§ **TASK DIRECTIONS**
From the entries below, report only the number of lines that contain the word "GroundAction".

§ **DATA EXCERPTS**
>>>>

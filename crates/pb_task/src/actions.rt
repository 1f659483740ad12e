//! The ground actions of a STRIPS task, with their sets of atoms in three arrays.
ghost use Rattle.std.specs.Prelude.{◌≡◌, ◌<◌, ◌≤◌, ◌*◌, ◌++◌, ◌∷◌, [], IfOk, length};
ghost use Rattle.pb_packed.specs.Sizes.{state_bits};
ghost use Rattle.pb_packed.specs.Words.{number_of, AreWords};
ghost use Rattle.pb_task.specs.Strips.{action_at};

use crate::atom_sets::AtomSets;
use crate::parts::{ActionName, GroundAction};
use pb_packed::Packed;
use std::alloc::{AllocError, Global};
use std::marker::Model;

/// What is kept of a ground action beside its sets.
#[derive(Drop)]
pub struct Label {
    /// The action's name in a plan.
    pub name: ActionName,
    /// The action's cost.
    pub cost: u64,
}

/// The ground actions of a STRIPS task, in the order of their numbers. Their sets lie in three
/// arrays, each set in as few words as the greatest set of its array takes.
#[derive(Drop)]
pub struct Actions {
    labels: Vec<Label>,
    needs: AtomSets,
    adds: AtomSets,
    deletes: AtomSets,
}

impl Model for Actions {
    ghost use Rattle.std.specs.Prelude.{◌≡◌, List, length};
    ghost use Rattle.pb_task.specs.declared.parts.GroundAction.{GroundAction};
    ghost use Rattle.pb_task.specs.Actions.{actions_from};

    ghost Value = { List GroundAction };

    ghost view = { λ a. actions_from 0 a.labels.items a.needs.sets a.adds.sets a.deletes.sets };

    ghost invariant = { λ a. (length a.needs.sets ≡ length a.labels.items)
        × (length a.adds.sets ≡ length a.labels.items)
        × (length a.deletes.sets ≡ length a.labels.items) };
}

impl Actions {
    /// No actions.
    pub fn new(alloc: Global) -> Actions
        ensures { result ≡ [] }
    {
        Actions {
            labels: Vec::new(alloc),
            needs: AtomSets::new(alloc),
            adds: AtomSets::new(alloc),
            deletes: AtomSets::new(alloc),
        }
    }

    /// The same actions, and one more after them.
    pub fn with(self, action: GroundAction) -> Result<Actions, AllocError>
        ensures { IfOk result (λ actions. actions ≡ self ++ action ∷ []) }
    {
        // `self` is taken apart, so no actions whose arrays differ in length are left after an error.
        let Actions {
            mut labels,
            needs,
            adds,
            deletes,
        } = self;
        let needs = needs.with(&action.needs)?;
        let adds = adds.with(&action.adds)?;
        let deletes = deletes.with(&action.deletes)?;
        labels.push(Label {
            name: action.name,
            cost: action.cost,
        })?;
        Ok(Actions {
            labels,
            needs,
            adds,
            deletes,
        })
    }

    /// These actions.
    pub fn of(alloc: Global, all: Vec<GroundAction>) -> Result<Actions, AllocError>
        ensures { IfOk result (λ actions. actions ≡ all.items) }
    {
        let mut actions = Actions::new(alloc);
        for action in all {
            actions = actions.with(action)?;
        }
        Ok(actions)
    }

    /// How many actions there are.
    #[inline]
    pub fn len(&self) -> usize
        ensures { result ≡ length self.now }
    {
        self.labels.len()
    }

    /// The name of the action of a number.
    pub fn name(&self, at: usize) -> &str
        requires { at < length self.now }
        ensures { result.now ≡ (action_at self.now at).name }
    {
        self.labels[at].name.as_str()
    }

    /// The cost of the action of a number.
    #[inline]
    pub fn cost(&self, at: usize) -> u64
        requires { at < length self.now }
        ensures { result ≡ (action_at self.now at).cost }
    {
        self.labels[at].cost
    }

    /// The atoms that must hold before the action of a number.
    pub fn needs(&self, at: usize) -> Packed
        requires { at < length self.now }
        ensures { result ≡ (action_at self.now at).needs }
    {
        Packed::of_slice(self.words_of_needs(at))
    }

    /// The atoms that hold after the action of a number.
    pub fn adds(&self, at: usize) -> Packed
        requires { at < length self.now }
        ensures { result ≡ (action_at self.now at).adds }
    {
        Packed::of_slice(self.words_of_adds(at))
    }

    /// The atoms that the action of a number deletes.
    pub fn deletes(&self, at: usize) -> Packed
        requires { at < length self.now }
        ensures { result ≡ (action_at self.now at).deletes }
    {
        Packed::of_slice(self.words_of_deletes(at))
    }

    // The words of what an action needs.
    #[inline]
    pub(crate) fn words_of_needs(&self, at: usize) -> &[u64]
        requires { at < length self.now }
        ensures set { number_of result.now ≡ (action_at self.now at).needs }
        ensures words { AreWords (length result.now) result.now }
        ensures few { 64 * length result.now ≤ state_bits }
    {
        self.needs.at(at)
    }

    // The words of what an action adds.
    #[inline]
    pub(crate) fn words_of_adds(&self, at: usize) -> &[u64]
        requires { at < length self.now }
        ensures set { number_of result.now ≡ (action_at self.now at).adds }
        ensures words { AreWords (length result.now) result.now }
        ensures few { 64 * length result.now ≤ state_bits }
    {
        self.adds.at(at)
    }

    // The words of what an action deletes.
    #[inline]
    pub(crate) fn words_of_deletes(&self, at: usize) -> &[u64]
        requires { at < length self.now }
        ensures set { number_of result.now ≡ (action_at self.now at).deletes }
        ensures words { AreWords (length result.now) result.now }
        ensures few { 64 * length result.now ≤ state_bits }
    {
        self.deletes.at(at)
    }
}
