//! Adding the successor by one action to a list of successors.
ghost use Rattle.std.specs.Prelude.{◌≡◌, ◌<◌, ◌≤◌, ◌+◌, ◌++◌, Some, vec_capacity, vec_len};
ghost use Rattle.pb_model.specs.Space.{successor_list};

use pb_model::Succ;
use pb_packed::Packed;

/// Adds the successor by an action to a list that has room for it.
#[inline]
pub fn push_successor(out: &mut Vec<Succ>, action: u32, state: Packed, cost: u64)
    requires { vec_len out.old < vec_capacity out.old }
    ensures items { out.new.items ≡ out.old.items ++ successor_list action (Some (state, cost)) }
    ensures len { vec_len out.new ≤ vec_len out.old + 1 }
    ensures room { vec_capacity out.old ≤ vec_capacity out.new }
{
    out.push_reserved(Succ {
        action,
        state,
        cost,
    });
}

/// Adds the successor by an action, if it is applicable, to a list that has room for it. Its state
/// is one word: a whole state is copied only into the list.
#[inline]
pub fn push_step(out: &mut Vec<Succ>, action: u32, step: Option<(u64, u64)>)
    requires { vec_len out.old < vec_capacity out.old }
    ensures items { out.new.items ≡ out.old.items ++ successor_list action step }
    ensures len { vec_len out.new ≤ vec_len out.old + 1 }
    ensures room { vec_capacity out.old ≤ vec_capacity out.new }
{
    if let Some((word, cost)) = step {
        push_successor(out, action, Packed::of_word(word), cost);
    }
}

<<<<

§ **ANSWER FOR THE TASK**
5